Copy word for word, please, the lines of the entries below running from the one containing "difference is found." to the one containing "due.now.places.now ≡ map", both ends included.

##### MATERIAL FOR THE TASK #####

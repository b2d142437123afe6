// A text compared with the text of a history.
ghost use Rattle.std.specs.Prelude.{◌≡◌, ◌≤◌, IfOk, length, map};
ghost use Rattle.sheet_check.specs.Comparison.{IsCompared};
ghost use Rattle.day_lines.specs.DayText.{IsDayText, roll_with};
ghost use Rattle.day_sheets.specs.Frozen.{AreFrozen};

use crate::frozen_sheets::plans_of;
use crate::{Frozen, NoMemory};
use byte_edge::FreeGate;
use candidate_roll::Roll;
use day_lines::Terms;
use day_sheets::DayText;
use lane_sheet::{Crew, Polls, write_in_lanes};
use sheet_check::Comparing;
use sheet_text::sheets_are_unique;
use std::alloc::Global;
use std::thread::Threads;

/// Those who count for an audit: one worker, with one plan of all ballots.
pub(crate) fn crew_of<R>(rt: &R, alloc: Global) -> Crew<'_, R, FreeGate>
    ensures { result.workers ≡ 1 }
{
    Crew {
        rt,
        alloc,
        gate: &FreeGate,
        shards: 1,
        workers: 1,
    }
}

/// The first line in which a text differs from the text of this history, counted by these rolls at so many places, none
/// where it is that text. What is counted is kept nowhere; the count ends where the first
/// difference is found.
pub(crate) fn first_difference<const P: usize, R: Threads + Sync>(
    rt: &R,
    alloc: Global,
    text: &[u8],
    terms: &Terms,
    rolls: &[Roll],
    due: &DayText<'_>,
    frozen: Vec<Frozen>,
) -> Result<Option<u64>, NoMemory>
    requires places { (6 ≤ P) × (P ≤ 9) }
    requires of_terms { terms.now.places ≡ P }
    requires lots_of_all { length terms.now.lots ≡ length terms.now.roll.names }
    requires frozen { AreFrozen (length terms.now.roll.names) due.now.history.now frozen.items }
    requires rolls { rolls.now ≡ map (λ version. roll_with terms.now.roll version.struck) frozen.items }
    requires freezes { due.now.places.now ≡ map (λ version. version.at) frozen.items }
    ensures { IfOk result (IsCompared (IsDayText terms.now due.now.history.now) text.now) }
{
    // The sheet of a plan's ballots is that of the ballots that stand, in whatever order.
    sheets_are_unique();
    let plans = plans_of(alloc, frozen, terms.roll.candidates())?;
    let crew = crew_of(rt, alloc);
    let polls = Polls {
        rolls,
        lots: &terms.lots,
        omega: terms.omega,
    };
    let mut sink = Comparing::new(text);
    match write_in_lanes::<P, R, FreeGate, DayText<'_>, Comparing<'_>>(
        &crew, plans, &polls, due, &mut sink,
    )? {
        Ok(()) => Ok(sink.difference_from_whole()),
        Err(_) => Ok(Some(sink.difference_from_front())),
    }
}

#####

TASK RESPONSE —
/// difference is found.
pub(crate) fn first_difference<const P: usize, R: Threads + Sync>(
    rt: &R,
    alloc: Global,
    text: &[u8],
    terms: &Terms,
    rolls: &[Roll],
    due: &DayText<'_>,
    frozen: Vec<Frozen>,
) -> Result<Option<u64>, NoMemory>
    requires places { (6 ≤ P) × (P ≤ 9) }
    requires of_terms { terms.now.places ≡ P }
    requires lots_of_all { length terms.now.lots ≡ length terms.now.roll.names }
    requires frozen { AreFrozen (length terms.now.roll.names) due.now.history.now frozen.items }
    requires rolls { rolls.now ≡ map (λ version. roll_with terms.now.roll version.struck) frozen.items }
    requires freezes { due.now.places.now ≡ map (λ version. version.at) frozen.items }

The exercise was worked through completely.